THE Government has again been accused of failing children, as figures from the Irish Society for the Prevention of Cruelty to Children show there were almost 450,000 calls to its helpline in the first six months of the year.
The stark figures revealed to the Joint Oireachtas Committee on Health and Children yesterday also show there are almost 300 children on a waiting list to access services provided by the charity, due to unprecedented demand and a shortage of funds.
Both the ISPCC and Barnardos also warned that serious cracks are appearing throughout the child protection system, while Government promises on services have not been met.
Both groups said there was an urgent need for the proposed referendum on amending the Constitution. Fine Gael children’s spokesman Charlie Flanagan attacked Children’s Minister Barry Andrews over what he said was “equivocation now that did not seem to be there last February”, when another Oireachtas committee published the proposed wording.
The committee heard:
* Garda vetting of individuals seeking to work with children currently takes between 12 and 16 weeks, while the ISPCC had already applied for vetting clearance for 405 people.
* No action has been taken to implement vetting legislation despite a commitment two years ago to do so.
* Despite 79% of Childline calls and 80% of child protection referrals to HSE and gardaí coming out of hours, there was still no concrete plan for a 24-hour service nationwide.

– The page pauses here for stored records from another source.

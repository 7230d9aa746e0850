// The directive of a word.
ghost use Rattle.std.specs.Prelude.{◌≡◌, ◌<◌};
ghost use Rattle.lr_forms.specs.Says.{directive_of};

use lr_rules::Steps;
use lr_tables::{Directive, directives};
use std::marker::Brand;
use std::sync::ledger::{Blank, Ledger};

fn find_row<L: Ledger>(word: &[u8], blank: Blank) -> Option<Directive>
    requires name { blank.name ≡ L.name }
    requires parts { blank.parts ≡ L.parts }
    requires some { 0 < L.parts }
    ensures { result ≡ directive_of word.now }
{
    let table = directives();
    let mut steps = Steps::<L>::new(blank);
    match table.row_of(word, &mut steps) {
        Some(place) => Some(table.rows[place].directive),
        None => None,
    }
}

/// The directive with this word, if there is one.
pub fn directive_of(word: &[u8]) -> Option<Directive>
    ensures { result ≡ directive_of word.now }
{
    find_row::<Brand>(word, Blank::new(1))
}
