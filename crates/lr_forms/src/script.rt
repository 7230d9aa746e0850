// Scripts.
ghost use Rattle.std.specs.Prelude.{◌≡◌};
ghost use Rattle.lr_forms.specs.Says.{directive_of, phase_of, script_in, script_says};

use crate::row::directive_of;
use crate::said::LineSaid;
use lr_rules::{ConfKind, Phase, Text};
use lr_tables::Directive;

fn phase_of(directive: Directive) -> Option<Phase>
    ensures { result ≡ phase_of directive }
{
    match directive {
        Directive::Firstaction => Some(Phase::First),
        Directive::Prerotate => Some(Phase::Pre),
        Directive::Postrotate => Some(Phase::Post),
        Directive::Lastaction => Some(Phase::Last),
        Directive::Preremove => Some(Phase::Preremove),
        _ => None,
    }
}

fn script_in(inside: bool, text: Text, stray: bool, phase: Option<Phase>) -> LineSaid
    ensures { result ≡ script_in inside text stray phase }
{
    match phase {
        None => LineSaid::Unknown,
        Some(phase) => {
            if inside {
                LineSaid::Script { phase, text, stray }
            } else {
                LineSaid::Bad(ConfKind::OutsideSet)
            }
        }
    }
}

/// What a script says by itself.
pub(crate) fn script_says(
    inside: bool,
    brace: bool,
    stray: bool,
    word: &[u8],
    text: Text,
) -> LineSaid
    ensures { result ≡ script_says inside brace stray word.now text }
{
    if inside && brace {
        return LineSaid::Bad(ConfKind::NestedBrace);
    }
    match directive_of(word) {
        Some(directive) => script_in(inside, text, stray, phase_of(directive)),
        None => LineSaid::Unknown,
    }
}
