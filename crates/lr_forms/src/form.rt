// What stands behind the word of a directive.
ghost use Rattle.std.specs.Prelude.{◌≡◌};
ghost use Rattle.lr_forms.specs.Forms.{form_of};

use crate::set::Set;
use lr_rules::{Back, Criterion, Make, Way};
use lr_tables::Directive;

/// The one value of a directive, by the field that it sets.
#[derive(Clone, Copy)]
pub enum Value {
    Count,
    Size,
    MinSize,
    MaxSize,
    MinAge,
    MaxAge,
    Start,
    Extension,
    AddExtension,
    Olddir,
    Mail,
    DateFormat,
}

/// What a directive takes, and where it stands.
#[derive(Drop)]
pub enum Form {
    /// Any words: its line is passed over.
    Passed,
    /// A script, in definitions alone.
    Script,
    /// It ends a script, and stands nowhere else.
    Ending,
    /// No value: it sets this.
    Plain(Set),
    /// One value, that sets a field.
    One(Value),
    /// A day of the week, or nothing: `weekly`.
    Day,
    /// A mode, an owner and a group, each of which may be missing: `createolddir`, or else `create`.
    Make { olddir: bool },
    /// A path, outside definitions alone.
    Include,
    /// A list, outside definitions alone: of patterns, or else of endings.
    Taboo { patterns: bool },
}

/// What the directive takes.
pub fn form_of(directive: Directive) -> Form
    ensures { result ≡ form_of directive }
{
    match directive {
        Directive::Allowhardlink
        | Directive::Compress
        | Directive::Compresscmd
        | Directive::Compressext
        | Directive::Compressoptions
        | Directive::Delaycompress
        | Directive::Noallowhardlink
        | Directive::Nocompress
        | Directive::Nodelaycompress
        | Directive::Noshred
        | Directive::Shred
        | Directive::Shredcycles
        | Directive::Su
        | Directive::Uncompresscmd => Form::Passed,
        Directive::Firstaction
        | Directive::Lastaction
        | Directive::Postrotate
        | Directive::Preremove
        | Directive::Prerotate => Form::Script,
        Directive::Endscript => Form::Ending,
        Directive::Include => Form::Include,
        Directive::Tabooext => Form::Taboo { patterns: false },
        Directive::Taboopat => Form::Taboo { patterns: true },
        Directive::Addextension => Form::One(Value::AddExtension),
        Directive::Dateformat => Form::One(Value::DateFormat),
        Directive::Extension => Form::One(Value::Extension),
        Directive::Mail => Form::One(Value::Mail),
        Directive::Maxage => Form::One(Value::MaxAge),
        Directive::Maxsize => Form::One(Value::MaxSize),
        Directive::Minage => Form::One(Value::MinAge),
        Directive::Minsize => Form::One(Value::MinSize),
        Directive::Olddir => Form::One(Value::Olddir),
        Directive::Rotate => Form::One(Value::Count),
        Directive::Size => Form::One(Value::Size),
        Directive::Start => Form::One(Value::Start),
        Directive::Weekly => Form::Day,
        Directive::Create => Form::Make { olddir: false },
        Directive::Createolddir => Form::Make { olddir: true },
        Directive::Hourly => Form::Plain(Set::Criterion(Criterion::Hourly)),
        Directive::Daily => Form::Plain(Set::Criterion(Criterion::Daily)),
        Directive::Monthly => Form::Plain(Set::Criterion(Criterion::Monthly)),
        Directive::Yearly => Form::Plain(Set::Criterion(Criterion::Yearly)),
        Directive::Ifempty => Form::Plain(Set::IfEmpty(true)),
        Directive::Notifempty => Form::Plain(Set::IfEmpty(false)),
        Directive::Missingok => Form::Plain(Set::MissingOk(true)),
        Directive::Nomissingok => Form::Plain(Set::MissingOk(false)),
        Directive::Ignoreduplicates => Form::Plain(Set::IgnoreDuplicates),
        Directive::Noolddir => Form::Plain(Set::Olddir(None)),
        Directive::Nocreateolddir => Form::Plain(Set::CreateOlddir(Make::No)),
        Directive::Copy => Form::Plain(Set::Way(Way::Copy)),
        Directive::Copytruncate => Form::Plain(Set::Way(Way::CopyTruncate)),
        Directive::Nocopy => Form::Plain(Set::NotWay(Way::Copy)),
        Directive::Nocopytruncate => Form::Plain(Set::NotWay(Way::CopyTruncate)),
        Directive::Renamecopy => Form::Plain(Set::Way(Way::RenameCopy)),
        Directive::Norenamecopy => Form::Plain(Set::NotWay(Way::RenameCopy)),
        Directive::Nocreate => Form::Plain(Set::Create(Make::No)),
        Directive::Nomail => Form::Plain(Set::Mail(None)),
        Directive::Mailfirst => Form::Plain(Set::MailFirst(true)),
        Directive::Maillast => Form::Plain(Set::MailFirst(false)),
        Directive::Sharedscripts => Form::Plain(Set::Shared(true)),
        Directive::Nosharedscripts => Form::Plain(Set::Shared(false)),
        Directive::Dateext => Form::Plain(Set::Dated(true)),
        Directive::Nodateext => Form::Plain(Set::Dated(false)),
        Directive::Dateyesterday => Form::Plain(Set::Back(Back::Yesterday)),
        Directive::Datehourago => Form::Plain(Set::Back(Back::HourAgo)),
        Directive::Dateserial => Form::Plain(Set::Serial(true)),
        Directive::Nodateserial => Form::Plain(Set::Serial(false)),
    }
}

* The 270 social work posts promised out of recommendations in the Ryan Report have still not been put in place.
Mr Andrews said yesterday a referendum is unlikely to be held this year as work is continuing on key issues such as continuity of care, the proper vetting of foster-care parents, and whether the proposed wording would impact on immigration laws.
But Mary Nicholson of the ISPCC said desired changes to child protection measures must be underpinned by a referendum.
ISPCC chief executive Ashley Balbirnie also said there were “clearly massive issues” with the HSE’s role in child protection.
“We have all tried to work with the system but clearly it is not working the way it should.”
Barnardos chief executive Fergus Finlay echoed the point, claiming the leadership in this area has been given no authority to do the job. “As a result there is a lack of clear national standards, a lack of a clear assessment model and no national agreement on the threshold that we as a nation want to set in respect of protecting our children.
“It remains completely unclear, even at this stage, as to who carried ultimate political accountability for vulnerable children and families in Ireland.”